**EXERCISE PROMPT:**
Using the string "going" as the key, pull each matching line out of the records below.

**RECORDS SHOWN:**
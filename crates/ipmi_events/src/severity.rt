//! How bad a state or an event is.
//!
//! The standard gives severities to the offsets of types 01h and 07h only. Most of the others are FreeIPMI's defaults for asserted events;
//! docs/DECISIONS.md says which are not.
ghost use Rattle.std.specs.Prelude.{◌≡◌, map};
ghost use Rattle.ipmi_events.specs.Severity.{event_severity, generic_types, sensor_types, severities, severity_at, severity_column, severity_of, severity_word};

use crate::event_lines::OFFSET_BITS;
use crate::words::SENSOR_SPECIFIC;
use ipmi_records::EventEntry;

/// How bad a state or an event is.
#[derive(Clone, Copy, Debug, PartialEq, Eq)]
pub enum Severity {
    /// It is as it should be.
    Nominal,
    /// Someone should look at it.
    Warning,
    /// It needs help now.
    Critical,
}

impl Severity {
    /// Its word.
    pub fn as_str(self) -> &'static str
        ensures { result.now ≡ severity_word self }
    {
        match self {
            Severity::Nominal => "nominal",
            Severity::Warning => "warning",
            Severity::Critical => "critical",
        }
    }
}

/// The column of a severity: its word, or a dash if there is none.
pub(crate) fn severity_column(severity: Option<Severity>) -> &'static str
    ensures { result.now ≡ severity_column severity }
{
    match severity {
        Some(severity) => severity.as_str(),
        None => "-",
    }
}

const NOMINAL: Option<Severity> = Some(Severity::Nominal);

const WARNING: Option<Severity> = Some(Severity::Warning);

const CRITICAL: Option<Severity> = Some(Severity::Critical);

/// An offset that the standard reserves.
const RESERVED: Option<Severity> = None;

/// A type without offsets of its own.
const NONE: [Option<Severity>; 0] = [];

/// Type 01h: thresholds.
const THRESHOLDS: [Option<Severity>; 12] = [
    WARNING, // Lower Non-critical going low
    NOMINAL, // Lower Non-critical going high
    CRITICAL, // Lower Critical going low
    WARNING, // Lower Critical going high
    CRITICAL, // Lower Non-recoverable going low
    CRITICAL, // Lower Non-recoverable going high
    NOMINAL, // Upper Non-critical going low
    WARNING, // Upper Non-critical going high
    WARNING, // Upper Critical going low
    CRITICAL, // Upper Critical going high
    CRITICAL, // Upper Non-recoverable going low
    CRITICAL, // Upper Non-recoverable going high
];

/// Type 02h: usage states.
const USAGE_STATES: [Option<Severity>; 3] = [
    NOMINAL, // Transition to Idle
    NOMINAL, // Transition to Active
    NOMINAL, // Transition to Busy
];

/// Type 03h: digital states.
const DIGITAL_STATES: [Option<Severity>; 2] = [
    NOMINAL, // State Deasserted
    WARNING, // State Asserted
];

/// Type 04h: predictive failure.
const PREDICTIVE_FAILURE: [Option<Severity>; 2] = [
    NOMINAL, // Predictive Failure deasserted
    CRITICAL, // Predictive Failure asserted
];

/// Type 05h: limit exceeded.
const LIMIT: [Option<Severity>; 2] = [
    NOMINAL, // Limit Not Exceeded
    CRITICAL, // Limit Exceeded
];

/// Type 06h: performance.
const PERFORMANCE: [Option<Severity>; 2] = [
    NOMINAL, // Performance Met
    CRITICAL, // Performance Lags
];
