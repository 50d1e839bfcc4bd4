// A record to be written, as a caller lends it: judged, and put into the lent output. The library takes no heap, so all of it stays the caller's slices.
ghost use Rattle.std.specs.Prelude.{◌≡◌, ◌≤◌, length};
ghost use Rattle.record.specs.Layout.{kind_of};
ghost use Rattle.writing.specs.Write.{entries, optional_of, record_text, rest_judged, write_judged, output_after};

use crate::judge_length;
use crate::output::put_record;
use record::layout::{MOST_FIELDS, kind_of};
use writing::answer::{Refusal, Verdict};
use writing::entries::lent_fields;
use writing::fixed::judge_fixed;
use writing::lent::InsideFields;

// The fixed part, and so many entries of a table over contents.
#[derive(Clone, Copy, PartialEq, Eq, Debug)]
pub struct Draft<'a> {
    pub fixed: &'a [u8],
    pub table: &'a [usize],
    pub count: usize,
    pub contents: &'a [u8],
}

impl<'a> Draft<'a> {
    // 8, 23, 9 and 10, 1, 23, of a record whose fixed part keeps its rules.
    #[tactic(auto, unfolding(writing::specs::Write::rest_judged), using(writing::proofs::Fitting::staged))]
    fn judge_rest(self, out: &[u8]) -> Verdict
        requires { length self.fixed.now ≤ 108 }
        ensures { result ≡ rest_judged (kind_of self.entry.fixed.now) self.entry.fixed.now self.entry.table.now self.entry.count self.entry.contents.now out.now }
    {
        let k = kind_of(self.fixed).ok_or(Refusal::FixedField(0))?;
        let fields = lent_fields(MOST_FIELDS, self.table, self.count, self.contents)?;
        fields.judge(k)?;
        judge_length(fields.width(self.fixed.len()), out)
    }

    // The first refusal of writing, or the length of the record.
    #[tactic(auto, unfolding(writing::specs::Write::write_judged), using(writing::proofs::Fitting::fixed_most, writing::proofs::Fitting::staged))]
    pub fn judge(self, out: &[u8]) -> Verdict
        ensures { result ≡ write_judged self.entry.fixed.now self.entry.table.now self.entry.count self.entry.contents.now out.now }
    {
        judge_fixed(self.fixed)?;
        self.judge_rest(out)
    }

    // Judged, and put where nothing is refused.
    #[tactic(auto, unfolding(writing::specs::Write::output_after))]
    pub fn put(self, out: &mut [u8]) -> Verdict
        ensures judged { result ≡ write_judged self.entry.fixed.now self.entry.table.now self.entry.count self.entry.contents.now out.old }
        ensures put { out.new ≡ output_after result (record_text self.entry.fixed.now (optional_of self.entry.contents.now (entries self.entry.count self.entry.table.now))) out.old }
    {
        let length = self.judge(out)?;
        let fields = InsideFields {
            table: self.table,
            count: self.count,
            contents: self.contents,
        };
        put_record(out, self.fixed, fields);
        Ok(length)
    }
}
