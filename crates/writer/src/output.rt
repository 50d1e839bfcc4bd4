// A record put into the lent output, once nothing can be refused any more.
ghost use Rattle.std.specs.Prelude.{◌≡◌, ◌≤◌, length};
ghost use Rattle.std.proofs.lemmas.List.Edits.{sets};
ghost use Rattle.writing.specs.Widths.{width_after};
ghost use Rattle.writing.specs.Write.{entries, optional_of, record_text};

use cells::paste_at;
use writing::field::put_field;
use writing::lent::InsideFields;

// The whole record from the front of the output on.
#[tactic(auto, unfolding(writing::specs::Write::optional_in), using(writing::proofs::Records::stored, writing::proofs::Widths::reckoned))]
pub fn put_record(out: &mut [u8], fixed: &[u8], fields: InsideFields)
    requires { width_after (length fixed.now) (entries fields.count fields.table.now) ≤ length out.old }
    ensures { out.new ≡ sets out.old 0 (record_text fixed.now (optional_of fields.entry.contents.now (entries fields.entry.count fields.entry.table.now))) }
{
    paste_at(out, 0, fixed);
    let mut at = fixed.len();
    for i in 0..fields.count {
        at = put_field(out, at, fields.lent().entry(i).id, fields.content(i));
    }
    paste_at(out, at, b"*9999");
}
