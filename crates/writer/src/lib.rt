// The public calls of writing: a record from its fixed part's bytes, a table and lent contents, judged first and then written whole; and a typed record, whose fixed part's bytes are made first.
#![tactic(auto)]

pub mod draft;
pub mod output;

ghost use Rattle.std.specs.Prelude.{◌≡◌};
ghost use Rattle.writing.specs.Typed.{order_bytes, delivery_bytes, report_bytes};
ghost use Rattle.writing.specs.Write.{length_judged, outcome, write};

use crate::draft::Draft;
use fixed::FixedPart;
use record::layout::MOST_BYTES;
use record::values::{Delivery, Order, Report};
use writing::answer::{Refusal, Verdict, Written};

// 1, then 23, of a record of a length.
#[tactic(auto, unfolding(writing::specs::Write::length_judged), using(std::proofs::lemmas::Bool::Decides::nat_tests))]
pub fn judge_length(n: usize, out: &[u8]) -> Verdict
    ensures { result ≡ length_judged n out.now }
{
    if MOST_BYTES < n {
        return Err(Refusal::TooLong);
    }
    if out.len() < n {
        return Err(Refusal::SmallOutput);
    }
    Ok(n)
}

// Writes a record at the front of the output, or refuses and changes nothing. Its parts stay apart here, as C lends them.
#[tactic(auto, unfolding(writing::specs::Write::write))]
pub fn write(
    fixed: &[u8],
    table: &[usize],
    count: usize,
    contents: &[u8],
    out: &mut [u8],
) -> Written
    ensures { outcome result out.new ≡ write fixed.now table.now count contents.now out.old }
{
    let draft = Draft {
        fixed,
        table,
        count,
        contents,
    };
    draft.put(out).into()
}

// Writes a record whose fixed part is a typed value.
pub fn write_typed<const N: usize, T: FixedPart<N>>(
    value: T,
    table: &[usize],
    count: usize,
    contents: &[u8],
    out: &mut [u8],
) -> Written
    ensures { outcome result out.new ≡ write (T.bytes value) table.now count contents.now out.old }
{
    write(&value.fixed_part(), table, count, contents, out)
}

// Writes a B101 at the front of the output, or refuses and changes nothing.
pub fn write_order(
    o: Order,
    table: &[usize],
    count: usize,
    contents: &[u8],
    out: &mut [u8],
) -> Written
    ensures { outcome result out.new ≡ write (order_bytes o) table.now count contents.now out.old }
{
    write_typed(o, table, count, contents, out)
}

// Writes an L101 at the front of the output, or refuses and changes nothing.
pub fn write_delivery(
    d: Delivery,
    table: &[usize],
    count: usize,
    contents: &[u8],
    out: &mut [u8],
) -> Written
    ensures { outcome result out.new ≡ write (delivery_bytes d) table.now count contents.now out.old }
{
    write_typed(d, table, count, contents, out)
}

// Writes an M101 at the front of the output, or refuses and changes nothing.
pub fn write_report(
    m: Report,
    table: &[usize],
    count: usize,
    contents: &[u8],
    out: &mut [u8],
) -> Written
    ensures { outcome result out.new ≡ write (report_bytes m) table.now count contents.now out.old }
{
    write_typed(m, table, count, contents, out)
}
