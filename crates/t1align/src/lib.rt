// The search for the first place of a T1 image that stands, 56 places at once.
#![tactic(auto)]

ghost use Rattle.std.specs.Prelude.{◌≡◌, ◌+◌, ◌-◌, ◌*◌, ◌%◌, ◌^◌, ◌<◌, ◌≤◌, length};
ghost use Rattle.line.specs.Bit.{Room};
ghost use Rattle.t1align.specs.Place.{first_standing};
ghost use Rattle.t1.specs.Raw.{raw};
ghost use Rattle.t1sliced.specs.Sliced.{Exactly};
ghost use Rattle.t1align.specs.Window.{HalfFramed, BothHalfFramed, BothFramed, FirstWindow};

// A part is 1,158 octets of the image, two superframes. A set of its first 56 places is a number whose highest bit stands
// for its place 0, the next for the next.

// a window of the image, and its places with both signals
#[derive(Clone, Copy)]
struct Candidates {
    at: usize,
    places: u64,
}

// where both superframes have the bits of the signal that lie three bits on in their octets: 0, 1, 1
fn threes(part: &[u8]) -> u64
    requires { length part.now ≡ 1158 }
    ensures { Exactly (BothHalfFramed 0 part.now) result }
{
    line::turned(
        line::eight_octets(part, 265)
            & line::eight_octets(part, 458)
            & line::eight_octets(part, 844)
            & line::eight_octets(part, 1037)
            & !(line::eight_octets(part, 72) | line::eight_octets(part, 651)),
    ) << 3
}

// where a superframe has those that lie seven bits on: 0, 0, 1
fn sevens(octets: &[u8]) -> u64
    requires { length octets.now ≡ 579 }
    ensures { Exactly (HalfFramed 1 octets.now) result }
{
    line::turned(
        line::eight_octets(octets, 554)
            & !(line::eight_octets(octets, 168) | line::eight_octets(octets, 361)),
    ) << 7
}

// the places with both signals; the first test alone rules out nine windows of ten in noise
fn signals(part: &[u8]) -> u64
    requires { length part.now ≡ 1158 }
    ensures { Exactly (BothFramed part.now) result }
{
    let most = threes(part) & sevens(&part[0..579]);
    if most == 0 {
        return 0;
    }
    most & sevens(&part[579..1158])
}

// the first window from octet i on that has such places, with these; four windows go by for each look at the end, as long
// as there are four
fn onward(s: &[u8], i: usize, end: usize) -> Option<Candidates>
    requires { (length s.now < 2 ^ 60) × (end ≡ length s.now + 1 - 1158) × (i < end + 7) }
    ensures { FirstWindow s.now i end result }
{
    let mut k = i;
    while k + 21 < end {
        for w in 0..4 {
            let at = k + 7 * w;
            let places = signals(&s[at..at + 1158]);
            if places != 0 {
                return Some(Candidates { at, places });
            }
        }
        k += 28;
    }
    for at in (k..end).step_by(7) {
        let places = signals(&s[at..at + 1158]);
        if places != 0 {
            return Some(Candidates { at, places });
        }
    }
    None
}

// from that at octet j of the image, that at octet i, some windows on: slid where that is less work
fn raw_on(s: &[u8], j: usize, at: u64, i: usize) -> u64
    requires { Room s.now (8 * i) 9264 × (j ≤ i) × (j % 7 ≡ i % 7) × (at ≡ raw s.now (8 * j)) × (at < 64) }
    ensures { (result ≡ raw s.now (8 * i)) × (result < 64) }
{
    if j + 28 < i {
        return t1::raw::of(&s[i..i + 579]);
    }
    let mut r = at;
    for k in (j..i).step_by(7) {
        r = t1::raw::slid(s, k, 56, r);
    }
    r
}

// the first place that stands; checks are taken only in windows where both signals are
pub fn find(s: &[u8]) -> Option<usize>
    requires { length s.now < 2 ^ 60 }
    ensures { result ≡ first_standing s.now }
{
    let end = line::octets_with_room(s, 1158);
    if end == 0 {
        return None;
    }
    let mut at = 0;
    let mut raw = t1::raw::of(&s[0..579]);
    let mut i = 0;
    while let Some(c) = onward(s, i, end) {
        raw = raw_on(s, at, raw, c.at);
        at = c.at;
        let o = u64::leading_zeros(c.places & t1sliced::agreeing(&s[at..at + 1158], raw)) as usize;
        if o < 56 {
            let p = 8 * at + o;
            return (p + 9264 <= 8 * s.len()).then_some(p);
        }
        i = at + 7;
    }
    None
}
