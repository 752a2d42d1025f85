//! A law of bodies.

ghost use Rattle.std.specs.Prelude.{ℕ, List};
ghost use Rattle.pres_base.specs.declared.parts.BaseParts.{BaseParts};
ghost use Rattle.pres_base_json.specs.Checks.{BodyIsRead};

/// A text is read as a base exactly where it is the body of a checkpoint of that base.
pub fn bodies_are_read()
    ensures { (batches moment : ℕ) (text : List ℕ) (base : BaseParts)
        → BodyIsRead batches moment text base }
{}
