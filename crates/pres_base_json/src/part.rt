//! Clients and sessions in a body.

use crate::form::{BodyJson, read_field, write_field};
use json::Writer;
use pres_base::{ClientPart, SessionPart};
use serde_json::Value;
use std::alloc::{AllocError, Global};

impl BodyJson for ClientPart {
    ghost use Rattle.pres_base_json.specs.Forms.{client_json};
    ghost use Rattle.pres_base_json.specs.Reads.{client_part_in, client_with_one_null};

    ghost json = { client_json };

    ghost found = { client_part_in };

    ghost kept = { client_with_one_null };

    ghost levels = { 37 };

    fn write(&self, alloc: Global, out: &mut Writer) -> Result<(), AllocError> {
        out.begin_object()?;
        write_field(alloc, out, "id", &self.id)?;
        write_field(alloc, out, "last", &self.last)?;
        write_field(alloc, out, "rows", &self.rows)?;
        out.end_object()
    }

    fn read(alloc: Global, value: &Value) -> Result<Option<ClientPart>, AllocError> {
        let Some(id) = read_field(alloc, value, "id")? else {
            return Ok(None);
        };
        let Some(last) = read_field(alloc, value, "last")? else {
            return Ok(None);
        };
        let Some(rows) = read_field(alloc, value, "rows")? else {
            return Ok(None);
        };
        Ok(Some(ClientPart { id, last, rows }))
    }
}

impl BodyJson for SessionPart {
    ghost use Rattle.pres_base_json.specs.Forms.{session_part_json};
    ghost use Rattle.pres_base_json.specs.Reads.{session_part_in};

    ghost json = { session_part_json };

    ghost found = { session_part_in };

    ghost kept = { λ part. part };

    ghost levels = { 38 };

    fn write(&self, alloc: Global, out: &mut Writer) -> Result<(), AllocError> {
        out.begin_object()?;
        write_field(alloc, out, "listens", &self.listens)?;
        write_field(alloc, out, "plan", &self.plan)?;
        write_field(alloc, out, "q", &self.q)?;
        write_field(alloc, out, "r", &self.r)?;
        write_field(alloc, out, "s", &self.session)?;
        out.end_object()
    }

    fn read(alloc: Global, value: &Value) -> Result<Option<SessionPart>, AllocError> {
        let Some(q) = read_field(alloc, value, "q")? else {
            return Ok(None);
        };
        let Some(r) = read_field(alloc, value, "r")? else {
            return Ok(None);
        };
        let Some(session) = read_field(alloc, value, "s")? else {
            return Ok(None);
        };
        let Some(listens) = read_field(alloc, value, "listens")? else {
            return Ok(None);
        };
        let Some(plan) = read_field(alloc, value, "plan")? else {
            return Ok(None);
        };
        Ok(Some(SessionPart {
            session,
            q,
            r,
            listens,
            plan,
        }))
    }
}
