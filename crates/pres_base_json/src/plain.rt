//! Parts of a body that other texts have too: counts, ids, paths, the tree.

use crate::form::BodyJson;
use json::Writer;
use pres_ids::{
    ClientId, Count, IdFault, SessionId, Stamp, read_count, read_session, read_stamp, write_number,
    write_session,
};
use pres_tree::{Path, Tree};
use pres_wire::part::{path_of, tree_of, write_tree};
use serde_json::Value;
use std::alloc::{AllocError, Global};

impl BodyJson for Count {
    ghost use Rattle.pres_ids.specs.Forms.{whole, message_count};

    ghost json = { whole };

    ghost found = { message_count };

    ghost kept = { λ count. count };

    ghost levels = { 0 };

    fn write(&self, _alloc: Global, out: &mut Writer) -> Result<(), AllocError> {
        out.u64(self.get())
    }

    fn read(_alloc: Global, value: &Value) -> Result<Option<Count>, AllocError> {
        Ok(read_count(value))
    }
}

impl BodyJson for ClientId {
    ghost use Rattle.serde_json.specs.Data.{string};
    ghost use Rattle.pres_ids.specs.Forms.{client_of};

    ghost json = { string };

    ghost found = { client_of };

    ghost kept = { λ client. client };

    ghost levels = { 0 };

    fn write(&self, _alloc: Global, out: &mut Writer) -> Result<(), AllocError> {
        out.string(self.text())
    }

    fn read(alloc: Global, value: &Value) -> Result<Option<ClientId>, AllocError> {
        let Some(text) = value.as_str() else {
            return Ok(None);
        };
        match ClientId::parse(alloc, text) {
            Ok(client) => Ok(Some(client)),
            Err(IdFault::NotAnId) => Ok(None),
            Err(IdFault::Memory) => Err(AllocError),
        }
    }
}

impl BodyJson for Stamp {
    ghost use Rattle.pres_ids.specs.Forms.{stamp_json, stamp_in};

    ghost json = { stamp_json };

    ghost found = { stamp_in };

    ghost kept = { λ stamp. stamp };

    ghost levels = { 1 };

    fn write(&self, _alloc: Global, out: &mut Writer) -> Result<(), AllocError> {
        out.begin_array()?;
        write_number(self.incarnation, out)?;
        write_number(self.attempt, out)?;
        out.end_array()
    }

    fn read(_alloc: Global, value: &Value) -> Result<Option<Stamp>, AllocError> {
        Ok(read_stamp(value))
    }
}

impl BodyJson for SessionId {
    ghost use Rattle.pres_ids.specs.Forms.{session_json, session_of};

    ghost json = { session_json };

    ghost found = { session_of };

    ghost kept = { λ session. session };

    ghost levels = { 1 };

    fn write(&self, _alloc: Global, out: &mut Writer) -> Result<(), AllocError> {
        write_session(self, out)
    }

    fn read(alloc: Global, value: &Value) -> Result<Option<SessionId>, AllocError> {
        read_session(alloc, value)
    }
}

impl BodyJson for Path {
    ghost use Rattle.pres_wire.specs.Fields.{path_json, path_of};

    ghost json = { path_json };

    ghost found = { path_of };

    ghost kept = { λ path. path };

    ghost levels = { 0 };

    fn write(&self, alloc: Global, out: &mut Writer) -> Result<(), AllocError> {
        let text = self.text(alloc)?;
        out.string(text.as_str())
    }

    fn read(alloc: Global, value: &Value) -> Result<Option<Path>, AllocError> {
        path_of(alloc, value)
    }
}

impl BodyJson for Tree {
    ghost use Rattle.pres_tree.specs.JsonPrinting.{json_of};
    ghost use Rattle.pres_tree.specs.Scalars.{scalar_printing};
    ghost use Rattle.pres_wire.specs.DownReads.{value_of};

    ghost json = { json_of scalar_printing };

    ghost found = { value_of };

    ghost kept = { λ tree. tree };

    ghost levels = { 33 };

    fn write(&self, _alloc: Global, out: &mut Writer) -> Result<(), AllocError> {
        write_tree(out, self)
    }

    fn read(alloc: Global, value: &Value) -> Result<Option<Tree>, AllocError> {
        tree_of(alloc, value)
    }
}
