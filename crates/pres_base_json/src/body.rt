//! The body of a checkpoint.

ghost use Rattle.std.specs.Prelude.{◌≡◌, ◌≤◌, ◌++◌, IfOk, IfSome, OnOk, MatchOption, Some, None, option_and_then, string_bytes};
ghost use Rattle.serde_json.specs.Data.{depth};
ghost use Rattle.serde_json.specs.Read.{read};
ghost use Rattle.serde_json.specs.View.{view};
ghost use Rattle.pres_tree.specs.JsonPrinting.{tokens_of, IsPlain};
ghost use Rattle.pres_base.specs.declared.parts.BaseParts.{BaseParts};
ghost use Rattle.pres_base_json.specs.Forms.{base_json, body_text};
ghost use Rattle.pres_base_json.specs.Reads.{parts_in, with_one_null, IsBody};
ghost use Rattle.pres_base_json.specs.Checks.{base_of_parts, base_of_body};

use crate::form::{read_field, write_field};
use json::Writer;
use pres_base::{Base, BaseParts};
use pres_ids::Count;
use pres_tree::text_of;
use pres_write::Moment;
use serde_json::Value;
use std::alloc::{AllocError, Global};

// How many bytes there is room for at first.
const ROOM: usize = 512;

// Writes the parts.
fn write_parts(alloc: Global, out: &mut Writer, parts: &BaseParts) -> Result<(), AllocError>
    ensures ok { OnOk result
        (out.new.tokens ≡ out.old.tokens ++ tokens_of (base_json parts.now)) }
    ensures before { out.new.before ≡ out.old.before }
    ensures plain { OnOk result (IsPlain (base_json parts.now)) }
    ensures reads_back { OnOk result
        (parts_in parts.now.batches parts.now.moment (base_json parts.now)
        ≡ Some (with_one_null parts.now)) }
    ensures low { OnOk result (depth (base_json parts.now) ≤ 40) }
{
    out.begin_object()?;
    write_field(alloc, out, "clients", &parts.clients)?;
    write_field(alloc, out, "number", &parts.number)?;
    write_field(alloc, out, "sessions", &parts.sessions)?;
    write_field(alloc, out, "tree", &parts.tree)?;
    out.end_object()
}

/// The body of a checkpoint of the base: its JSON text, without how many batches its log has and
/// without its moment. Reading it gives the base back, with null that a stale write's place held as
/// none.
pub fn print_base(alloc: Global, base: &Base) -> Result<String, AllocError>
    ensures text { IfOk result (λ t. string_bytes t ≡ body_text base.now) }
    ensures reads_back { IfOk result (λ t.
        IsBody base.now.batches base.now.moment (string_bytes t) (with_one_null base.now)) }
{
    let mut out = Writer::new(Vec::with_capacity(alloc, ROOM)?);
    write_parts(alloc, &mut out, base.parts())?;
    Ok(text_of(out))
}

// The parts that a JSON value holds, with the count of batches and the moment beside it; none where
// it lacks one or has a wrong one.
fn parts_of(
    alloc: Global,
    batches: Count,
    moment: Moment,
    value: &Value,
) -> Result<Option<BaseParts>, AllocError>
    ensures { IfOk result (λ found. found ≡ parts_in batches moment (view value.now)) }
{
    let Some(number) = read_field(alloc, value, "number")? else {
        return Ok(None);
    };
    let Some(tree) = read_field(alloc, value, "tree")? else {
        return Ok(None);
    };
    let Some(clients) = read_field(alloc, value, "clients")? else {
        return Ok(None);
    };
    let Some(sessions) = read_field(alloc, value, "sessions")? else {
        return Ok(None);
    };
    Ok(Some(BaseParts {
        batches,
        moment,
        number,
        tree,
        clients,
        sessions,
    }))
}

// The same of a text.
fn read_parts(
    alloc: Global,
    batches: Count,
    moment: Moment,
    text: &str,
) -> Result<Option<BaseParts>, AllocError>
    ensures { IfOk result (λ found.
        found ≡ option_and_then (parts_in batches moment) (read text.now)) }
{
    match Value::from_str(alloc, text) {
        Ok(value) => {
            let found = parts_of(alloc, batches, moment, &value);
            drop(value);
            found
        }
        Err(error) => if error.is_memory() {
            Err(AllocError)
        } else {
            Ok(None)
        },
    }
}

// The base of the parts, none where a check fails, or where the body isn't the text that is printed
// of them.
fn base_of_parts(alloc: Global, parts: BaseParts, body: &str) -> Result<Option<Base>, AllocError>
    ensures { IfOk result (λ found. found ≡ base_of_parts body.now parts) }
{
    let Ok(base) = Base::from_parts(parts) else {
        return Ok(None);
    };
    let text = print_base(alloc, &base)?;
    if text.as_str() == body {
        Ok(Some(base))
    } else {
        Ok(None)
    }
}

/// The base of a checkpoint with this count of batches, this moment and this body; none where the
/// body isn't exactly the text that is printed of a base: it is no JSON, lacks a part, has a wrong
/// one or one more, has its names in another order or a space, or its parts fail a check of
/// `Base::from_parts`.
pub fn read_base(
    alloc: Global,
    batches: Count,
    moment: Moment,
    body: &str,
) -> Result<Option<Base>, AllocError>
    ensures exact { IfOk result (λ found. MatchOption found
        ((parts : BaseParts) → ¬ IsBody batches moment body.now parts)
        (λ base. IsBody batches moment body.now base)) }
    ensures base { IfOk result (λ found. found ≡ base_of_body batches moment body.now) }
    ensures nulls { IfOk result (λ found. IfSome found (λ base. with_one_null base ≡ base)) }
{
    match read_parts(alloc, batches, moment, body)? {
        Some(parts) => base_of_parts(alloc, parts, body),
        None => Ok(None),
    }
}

**EXERCISE RESPONSE:**
    WARNING, // Lower Non-critical going low
    NOMINAL, // Lower Non-critical going high
    CRITICAL, // Lower Critical going low
    WARNING, // Lower Critical going high
    CRITICAL, // Lower Non-recoverable going low
    CRITICAL, // Lower Non-recoverable going high
    NOMINAL, // Upper Non-critical going low
    WARNING, // Upper Non-critical going high
    WARNING, // Upper Critical going low
    CRITICAL, // Upper Critical going high
    CRITICAL, // Upper Non-recoverable going low
    CRITICAL, // Upper Non-recoverable going high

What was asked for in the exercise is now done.